Class ClusterPredictor

All Implemented Interfaces:
LogicalOperator

public final class ClusterPredictor extends AbstractPredictor
Assigns input data to clusters based on the provided PMML Clustering Model. The explicit cluster IDs will be used for the assignment, if the model provides any. Otherwise, the implicit 1-based index, indicating the position in which each cluster appears in the model will be used as ID. The input data must contain the same fields as the training data that was used to build the model (in the PMML model: clustering fields with the attribute "isCenterField" set to "true") and these fields must be of type double, float, long or int. The resulting assignments will be part of the output alongside with the original input data.
  • Constructor Details

    • ClusterPredictor

      public ClusterPredictor()
  • Method Details

    • getWinnerFieldName

      public String getWinnerFieldName()
      Gets the name of the winner field in the output. This is "winner" by-default. For every input row, this field will contain the ID of the cluster, that row was assigned to.
      Returns:
      the name of the winner field in the output
    • setWinnerFieldName

      public void setWinnerFieldName(String winnerFieldName)
      Sets the name of the winner field in the output. This is "winner" by-default. For every input row, this field will contain the ID of the cluster, that row was assigned to.
      Parameters:
      winnerFieldName - the name of the winner field in the output.
    • getOutput

      public RecordPort getOutput()
      Returns a record port consisting of the input plus the assigned cluster IDs. If the model provides cluster IDs, these explicit IDs will be used in the output. Otherwise, the implicit 1-based index, indicating the position in which each cluster appears in the model will be used as ID. The name of the field containing the resulting assignments is configurable via the property winnerFieldName. The default name is "winner".
      Overrides:
      getOutput in class AbstractPredictor
      Returns:
      a record flow of original values and their cluster assignments.
    • predictedType

      protected RecordTokenType predictedType(PMMLModelSpec modelSpec)
      Description copied from class: AbstractPredictor
      Given the model spec, returns the predicted type.

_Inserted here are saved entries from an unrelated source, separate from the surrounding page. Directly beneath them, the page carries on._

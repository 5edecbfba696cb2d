//! The functions of a C program, one for MAIN and one for each that is called.
//! They must not know what a line does.

ghost use Rattle.std.specs.Prelude.{◌≡◌, ◌+◌, ◌<◌, ◌≤◌, ◌^◌, [], true, false, IfOk, OnOk, length};
ghost use Rattle.aplc_names.specs.Scopes.{start_of};
ghost use Rattle.aplc_gen.specs.Layouts.{the_routine, the_frame, frame_of, routine_at, local_value, base};
ghost use Rattle.aplc_gen.specs.Emitted.{lines_width, clear_code, take_code, enter_by, enter_code, leave_code, site_at};
ghost use Rattle.aplc_gen.specs.Codes.{IsFunction, IsProgramOf};
ghost use Rattle.aplc_gen.specs.Added.{AddsLoop, AddsRun, AddsBody, AreFunctions};
ghost use Rattle.aplc_gen.specs.Writing.{added, site_of, slots_at, fits_lines, lowered_core, FitsProgram};

use crate::expressions::{block, emit_flag};
use crate::flow::Flow;
use crate::frame::Layout;
use crate::passing::{LEFT, RIGHT, emit_count_first, emit_count_up, emit_leave};
use crate::segments::{all_arms, emit_lines, first_known};
use crate::site::Site;
use crate::statements::emit_go_to;
use crate::widths::lines_width;
use aplc_core::CoreProgram;
use aplc_cprof::{Builder, CExpr, CFunction, CProgram, CStmt, Int, List};
use sqlite_items::Items;
use std::alloc::{AllocError, Global};

/// No name has a value.
fn emit_clear(b: &mut Builder, site: &Site) -> Result<(), AllocError>
    ensures { OnOk result (b.new ≡ added (clear_code (site_of site.now) (length (the_frame (site_of site.now)).unsure)) b.old) }
{
    let first = site.frame().first_flag();
    for flag in 0..site.frame().flags() {
        b.emit(CStmt::Set(Int::Local(first + flag), CExpr::Lit(0)))?;
    }
    Ok(())
}

/// The argument has the value that was passed.
#[tactic(auto, using(crate::proofs::Adding::steps_added))]
fn emit_take(b: &mut Builder, site: &Site, from: Int, name: Option<u32>) -> Result<(), AllocError>
    ensures { OnOk result (b.new ≡ added (take_code (site_of site.now) from name) b.old) }
{
    match name {
        None => Ok(()),
        Some(name) => {
            let frame = site.frame();
            b.emit(CStmt::Set(frame.value(name), CExpr::Var(from)))?;
            emit_flag(b, frame.flag(name), frame.is_unsure(name))
        }
    }
}

/// The way into a function that is called.
#[tactic(auto, using(crate::proofs::Adding::enter_added))]
fn emit_enter_called(alloc: Global, b: &mut Builder, site: &Site) -> Result<(), AllocError>
    ensures { OnOk result (b.new ≡ added (enter_by (site_of site.now) false) b.old) }
{
    emit_count_up(alloc, b, site.layout().is_counted())?;
    b.emit(CStmt::Enter)?;
    emit_clear(b, site)?;
    emit_take(b, site, RIGHT, site.right())?;
    emit_take(b, site, LEFT, site.left())
}

/// The way into a function.
#[tactic(auto, using(crate::proofs::Adding::steps_added))]
fn emit_enter(alloc: Global, b: &mut Builder, site: &Site) -> Result<(), AllocError>
    ensures { OnOk result (b.new ≡ added (enter_code (site_of site.now)) b.old) }
{
    if !site.is_first() {
        return emit_enter_called(alloc, b, site);
    }
    emit_count_first(b, site.layout().is_counted())?;
    emit_clear(b, site)
}

/// The statements of the way out.
fn leaving(alloc: Global, b: &mut Builder, site: &Site) -> Result<Items<CStmt>, AllocError>
    ensures code { IfOk result (λ c. c ≡ leave_code (site_of site.now)) }
    ensures same { OnOk result (b.new ≡ b.old) }
{
    b.open()?;
    emit_leave(alloc, b, site)?;
    Ok(b.close())
}

/// The loop over the lines that have arms.
fn emit_loop(alloc: Global, b: &mut Builder, flow: &Flow) -> Result<(), AllocError>
    requires fits { fits_lines (slots_at flow.now) (the_routine (site_of flow.now)).steps ≡ true }
    requires room { base (site_of flow.now) + lines_width (the_routine (site_of flow.now)).steps ≤ b.old.ints }
    ensures { OnOk result (AddsLoop (site_of flow.now) b.old b.new) }
{
    let site = flow.site();
    let arms = all_arms(alloc, b, flow)?;
    let out = leaving(alloc, b, site)?;
    let line = Int::Local(site.line_place());
    let turn = block(alloc, CStmt::Switch(line, arms, out))?;
    b.emit(CStmt::While(CExpr::Lit(1), turn))
}

/// The lines. Without branches to lines they are one after the other.
fn emit_run(alloc: Global, b: &mut Builder, flow: &Flow) -> Result<(), AllocError>
    requires fits { fits_lines (slots_at flow.now) (the_routine (site_of flow.now)).steps ≡ true }
    requires room { base (site_of flow.now) + lines_width (the_routine (site_of flow.now)).steps ≤ b.old.ints }
    ensures { OnOk result (AddsRun (site_of flow.now) b.old b.new) }
{
    if flow.loops() {
        emit_go_to(b, flow.site(), flow.landing(1))?;
        return emit_loop(alloc, b, flow);
    }
    let mut known = first_known(alloc, flow.site())?;
    emit_lines(alloc, b, flow, &mut known, 0)
}

/// The way in, and the lines.
fn emit_body(alloc: Global, b: &mut Builder, flow: &Flow) -> Result<(), AllocError>
    requires fits { fits_lines (slots_at flow.now) (the_routine (site_of flow.now)).steps ≡ true }
    requires room { base (site_of flow.now) + lines_width (the_routine (site_of flow.now)).steps ≤ b.old.ints }
    ensures { OnOk result (AddsBody (site_of flow.now) b.old b.new) }
{
    emit_enter(alloc, b, flow.site())?;
    emit_run(alloc, b, flow)
}

/// Gives the function so many variables.
fn reserve(b: &mut Builder, count: u32) -> Result<(), AllocError>
    ensures { OnOk result (b.new ≡ record b.old { ints = b.old.ints + count }) }
{
    for _given in 0..count {
        b.fresh_int()?;
    }
    Ok(())
}

/// The function that was built. Its counts of variables have 32 bits.
fn finished(b: Builder) -> CFunction
    requires { b.outer ≡ [] }
    ensures function { result ≡ record { ints = b.ints; bufs = b.bufs; body = b.inner } }
    ensures few { (result.ints < 2 ^ 32) × (result.bufs < 2 ^ 32) }
{
    let CFunction { ints, bufs, body } = b.finish();
    CFunction { ints, bufs, body }
}

/// The C function of a function. Its first variables are those of its frame.
fn function(alloc: Global, flow: &Flow) -> Result<CFunction, AllocError>
    requires { fits_lines (slots_at flow.now) (the_routine (site_of flow.now)).steps ≡ true }
    ensures { IfOk result (λ c. IsFunction (site_of flow.now) c) }
{
    let site = flow.site();
    let mut b = Builder::new(alloc);
    reserve(&mut b, site.base() + lines_width(site))?;
    emit_body(alloc, &mut b, flow)?;
    Ok(finished(b))
}

/// The C function of the function of this number.
fn numbered(
    alloc: Global,
    core: &CoreProgram,
    layout: &Layout,
    first: bool,
    number: usize,
) -> Result<CFunction, AllocError>
    requires function { number < length core.now.program.functions }
    requires fits { FitsProgram layout.now core.now }
    ensures { IfOk result (λ c. IsFunction (site_at layout.now (lowered_core core.now) first number) c) }
{
    let frame = layout.frame_of(number);
    let flow = Flow::new(alloc, core, layout, frame, number, first)?;
    function(alloc, &flow)
}

/// The C functions: the one with which the run begins, and then those that are called.
#[tactic(auto, using(crate::proofs::Listed::functions_left))]
fn functions(
    alloc: Global,
    core: &CoreProgram,
    layout: &Layout,
) -> Result<Vec<CFunction>, AllocError>
    requires fits { FitsProgram layout.now core.now }
    ensures { IfOk result (λ v. AreFunctions layout.now (lowered_core core.now) v.items) }
{
    let main = numbered(alloc, core, layout, true, core.bound().start())?;
    let mut functions = vec![in alloc; main]?;
    for index in 0..layout.called().len() {
        match layout.called().get(index) {
            None => unreachable!(),
            Some(number) => {
                let code = numbered(alloc, core, layout, false, *number as usize)?;
                functions.push(code)?;
            }
        }
    }
    Ok(functions)
}

/// The C program of a lowered program with these variables.
pub fn build(alloc: Global, core: &CoreProgram, layout: &Layout) -> Result<CProgram, AllocError>
    requires fits { FitsProgram layout.now core.now }
    ensures { IfOk result (λ c. IsProgramOf layout.now (lowered_core core.now) c) }
{
    let code = functions(alloc, core, layout)?;
    Ok(CProgram {
        tables: List::from_vec(Vec::new(alloc)),
        ints: layout.ints(),
        bufs: 0,
        functions: List::from_vec(code),
    })
}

This should not include the input type ( the input is automatically prepended to the type that is returned )
      Specified by:
      predictedType in class AbstractPredictor
      Parameters:
      modelSpec - the model metadata
      Returns:
      the predicted type
    • execute

      protected void execute(PMMLModel model, RecordValued input, ScalarSettable[] predictedFields)
      Description copied from class: AbstractPredictor
      Called to perform prediction. Subclasses are expected to loop over the input by calling AbstractPredictor.stepNext(). For each row of input, subclasses should first set the predicted values in the predictedFields array and then invoke AbstractPredictor.pushPrediction(). Subclasses should not invoke pushEndOfData since that is automatically handled by the base class.
      Specified by:
      execute in class AbstractPredictor
      Parameters:
      model - The input PMML model
      input - The input data
      predictedFields - An array of fields that reference the predicted field locations. The array positionally corresponds to the type returned by AbstractPredictor.predictedType(PMMLModelSpec).